Image www.deviantart.com

En ce jour de Vendredi Saint (crucifixion de NS Jésus Christ), j’ai choisi d’aborder le thème de la mort dans un registre plus « païen » mais néanmoins vivace en Bretagne bretonnante, pour certains, ne serait-ce que dans le folklore. Dans toute la partie bretonnante des Côtes d’Armor, il y a la place de l’Ankou,  funeste personnage permettant de comprendre qu’en terre bretonne, la mort n’est pas taboue puisque nous côtoyons chaque jour l’âme des défunts.

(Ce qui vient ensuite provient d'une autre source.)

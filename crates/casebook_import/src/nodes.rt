//! What paths hold.
ghost use Rattle.std.specs.Prelude.{◌≡◌, IfOk, option_map};
ghost use Rattle.std.specs.Option.{option_copied};
ghost use Rattle.casebook_import.specs.Nodes.{bytes_by, node_by, node_of, unkept_text};

use crate::NoMem;
use crate::opaque::{opaque_digest, opaque_link, opaque_sight};
use casebook_spool::{Content, Contents, Unkept};
use casebook_watch::{Kind, Sight};
use retro_tree::{Bytes, Node};
use std::alloc::Global;

/// Returns why the bytes of a file aren't kept.
fn unkept_text(why: Unkept) -> &'static str
    ensures { result.now ≡ unkept_text why }
{
    match why {
        Unkept::TooLarge => "a file that is too large",
        Unkept::Unreadable => "a file that can't be read",
        Unkept::Changing => "a file that changes",
    }
}

/// Returns the bytes that the file of a state has.
#[tactic(auto, unfolding(crate::specs::Nodes::bytes_by))]
fn bytes_by(
    alloc: Global,
    contents: &Contents,
    sight: &Sight,
    content: Option<&Content>,
) -> Result<Bytes, NoMem>
    ensures { IfOk result (λ bytes. bytes
        ≡ bytes_by contents.now sight.now (option_map (λ content. content.now) content.entry)) }
{
    let text = match content {
        None => opaque_sight(alloc, "neither a file nor a directory", sight)?,
        Some(Content::Kept(digest)) => match contents.get(digest) {
            Some(bytes) => return bytes.copy(),
            None => opaque_digest(alloc, "bytes that are missing", &digest.bytes)?,
        },
        Some(Content::Target(target)) => opaque_link(alloc, target.as_slice())?,
        Some(Content::Unkept(why)) => opaque_sight(alloc, unkept_text(*why), sight)?,
    };
    Ok(Bytes::of(text.into_bytes()))
}

/// Returns what is at a path, by its sight and by what it is said to hold.
pub(crate) fn node_of(
    alloc: Global,
    contents: &Contents,
    sight: Option<&Sight>,
    content: Option<&Content>,
) -> Result<Node, NoMem>
    ensures { IfOk result (λ node. node ≡ node_of contents.now (option_copied sight.entry)
        (option_map (λ content. content.now) content.entry)) }
{
    let Some(sight) = sight else {
        return Ok(Node::Missing);
    };
    match sight.kind {
        Kind::Dir => Ok(Node::Dir),
        Kind::File | Kind::Link | Kind::Other => {
            Ok(Node::File(bytes_by(alloc, contents, sight, content)?))
        }
    }
}
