//! Makes of a spool the state before its lines, and what each line was seen to do.
ghost use Rattle.std.specs.Prelude.{◌≡◌, ◌≤◌, ◌⊎◌, ◌^◌, Any, IfErr, IfOk, Err, length, map};
ghost use Rattle.std.specs.Prelude.{option_map};
ghost use Rattle.casebook_typed.specs.Values.{line_value, session_value};
ghost use Rattle.casebook_import.specs.Effects.{session_number};
ghost use Rattle.casebook_import.specs.First.{first_state};
ghost use Rattle.casebook_import.specs.Lines.{seen_by, seen_from, seen_value, text_or};
ghost use Rattle.casebook_import.specs.declared.import_error.ImportError.TheVariants as errors;

use crate::NoMem;
use crate::effects::line_effect;
use crate::first_state::first_state;
use crate::import_error::ImportError;
use crate::understood::understood_text;
use casebook_explain::SeenLine;
use casebook_spool::{Contents, Listing};
use casebook_typed::{Owner, Typed, TypedLine};
use retro_tree::{Bytes, Path, State};
use std::alloc::Global;

/// No session has this number: numbers of sessions have 32 bits.
const SESSION_LIMIT: usize = 1 << 32;

/// What a recording of a spool is made of.
#[derive(Drop)]
pub struct Imported {
    /// The state before all lines. It needn't be lawful, if the spool isn't one of a machine.
    pub first: State,
    /// The lines, in the order of the spool, each with what it was seen to do.
    pub lines: Vec<SeenLine>,
}

/// Returns the number of a line's session.
fn session_number(owner: &Owner) -> Result<u32, ImportError>
    ensures ok { IfOk result (λ number. number ≡ session_number owner.now) }
    ensures err { IfErr result (λ error.
        error ≡ errors.TooManySessions × 2 ^ 32 ≤ session_number owner.now) }
{
    match owner {
        Owner::Nobody => Ok(0),
        Owner::Line(name) => match u32::try_from(name.session) {
            Ok(number) => Ok(number),
            Err(_) => Err(ImportError::TooManySessions),
        },
    }
}

/// Returns a text, or an empty one if it is hidden.
fn text_or(alloc: Global, text: Option<&Bytes>) -> Result<Bytes, NoMem>
    ensures { IfOk result (λ bytes. bytes ≡ text_or (option_map (λ text. text.now) text.entry)) }
{
    match text {
        Some(text) => text.copy(),
        None => Ok(Bytes::new(alloc)),
    }
}

/// Returns copies of paths.
fn copies(alloc: Global, paths: &[Path]) -> Result<Vec<Path>, NoMem>
    ensures { IfOk result (λ copies. copies.items ≡ paths.now) }
{
    let mut copies = Vec::with_capacity(alloc, paths.len())?;
    for path in paths {
        copies.push(path.copy()?)?;
    }
    Ok(copies)
}

/// Returns what a line was seen to do, over the state before it.
fn seen_line(
    alloc: Global,
    contents: &Contents,
    state: &State,
    line: &TypedLine<'_>,
) -> Result<SeenLine, ImportError>
    ensures ok { IfOk result (λ seen.
        seen_value seen ≡ seen_by contents.now state.now (line_value line.now)) }
    ensures err { IfErr result (λ error. error ≡ errors.NoMem
        ⊎ error ≡ errors.TooManySessions × 2 ^ 32 ≤ session_number line.now.owner) }
{
    let session = session_number(&line.owner)?;
    Ok(SeenLine {
        text: text_or(alloc, line.text)?,
        typed: understood_text(alloc, state, session, line)?,
        read: copies(alloc, line.seen.read.as_slice())?,
        listed: copies(alloc, line.seen.listed.as_slice())?,
        effect: line_effect(alloc, contents, state, session, line)?,
    })
}

/// Returns what lines were seen to do, from a state on.
fn seen_lines(
    alloc: Global,
    contents: &Contents,
    first: &State,
    lines: &[TypedLine<'_>],
) -> Result<Vec<SeenLine>, ImportError>
    ensures ok { IfOk result (λ seen. map seen_value seen.items
        ≡ seen_from contents.now first.now (map line_value lines.now)) }
    ensures many { result ≡ Err errors.TooManySessions
        → Any (λ line. 2 ^ 32 ≤ session_number line.owner) lines.now }
{
    let mut state = first.copy()?;
    let mut seen = Vec::with_capacity(alloc, lines.len())?;
    for line in lines {
        let one = seen_line(alloc, contents, &state, line)?;
        one.effect.make(alloc, &mut state)?;
        seen.push(one)?;
    }
    Ok(seen)
}

/// Returns the state before all lines of a spool, and for each line what it was seen to do.
///
/// `first` is the first look. Bytes that aren't among the contents count as not kept.
///
/// # Errors
///
/// Returns `ImportError::TooManySessions` if 32 bits can't number the sessions.
pub fn import(
    alloc: Global,
    contents: &Contents,
    first: &Listing,
    typed: &Typed<'_>,
) -> Result<Imported, ImportError>
    ensures first { IfOk result (λ imported. imported.first ≡ first_state contents.now
        first.now.said (map session_value typed.now.sessions.items)
        (map line_value typed.now.lines.items)) }
    ensures lines { IfOk result (λ imported. map seen_value imported.lines.items
        ≡ seen_from contents.now imported.first (map line_value typed.now.lines.items)) }
    ensures many { result ≡ Err errors.TooManySessions
        → 2 ^ 32 ≤ length typed.now.sessions.items
        ⊎ Any (λ line. 2 ^ 32 ≤ session_number line.owner) typed.now.lines.items }
{
    let sessions = typed.sessions.as_slice();
    let lines = typed.lines.as_slice();
    if sessions.len() >= SESSION_LIMIT {
        return Err(ImportError::TooManySessions);
    }
    let first = first_state(alloc, contents, first.notes(), sessions, lines)?;
    let lines = seen_lines(alloc, contents, &first, lines)?;
    Ok(Imported { first, lines })
}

L’Ankou est à la fois la mort personnifiée, l’ouvrier de la mort et l’annonciateur du trépas. Cette description date du XIX° siècle alors que le nom Ankou (sans plus de précision quant à sa vocation) apparaît dès le IX° siècle.

Celui qui croise sa route (croisait ?) reçoit un message, il ne faut pas le regarder en face sinon il vous emmène, courir se cacher, les roues de sa charrette, sur laquelle son compagnon pose les corps fauchés ce jour-là, grincent donc on l’entend de loin. L’Ankou est maigre, grand avec de longs cheveux blanc sous un chapeau à large bord, sa robe est un linceul et son outil, une faux montée à l’envers.

Les bretons ont un profond respect pour la mort et ne la considèrent pas comme une fin en soi, les âmes des morts étant toujours parmi nous. « Ils reviennent chaque soir se réchauffer devant l’âtre, d’où une interdiction de balayer après l’Angélus du soir ce qui les chasserait » (d’après Daniel Giraudon*).

Autrefois, chaque mariage était précédé d’un office pour les morts, une façon de les associer à la fête.

Aujourd’hui encore, dans le journal le plus vendu en France et en Bretagne, les bretons commencent par lire la rubrique « obsèques ». Il s’agit d’une particularité locale, les faireparts de décès n’étant pas utilisés, l’information se fait via la presse comme pour annoncer urbi et orbi, un décès à tous. Finalement, les bretons ne « choisissent » pas qui va être convié aux obsèques mais « invitent » tous ceux qui souhaitent y participer ce qui constitue une nuance importante.

Je me suis installée à cet endroit sans connaître cette tradition et pourtant… y avait-il meilleur lieu pour une Médium ? Les bretons, originaires du lieu où je vis sont sages et ont les mêmes références qu’un Médium (qui communique avec les Esprits). Ils communiquent avec les défunts, certes de façon passive, mais leur laissent une place de choix dans leur demeure.

J’ai été conduite à réaliser une approche sur l’histoire de l’après-vie et situer la mort et ses rites dans notre culture, pour l’inclure dans le Guide du Grand Passage car cet ouvrage constitue une main tendue à un homme (femme) qui rend son dernier souffle afin de l’accompagner sur le Chemin et à l’entrée du Monde Céleste. Le propos n’est donc pas d’établir un état historique avéré sur la mort et les rites associés mais d’en approcher la substance et surtout la vision qu’en avaient nos ancêtres et que nous en avons aujourd’hui.

Catherine d’Auxi Voyante Médium et Cartomancienne (cliquez sur le nom pour visiter le site de voyance)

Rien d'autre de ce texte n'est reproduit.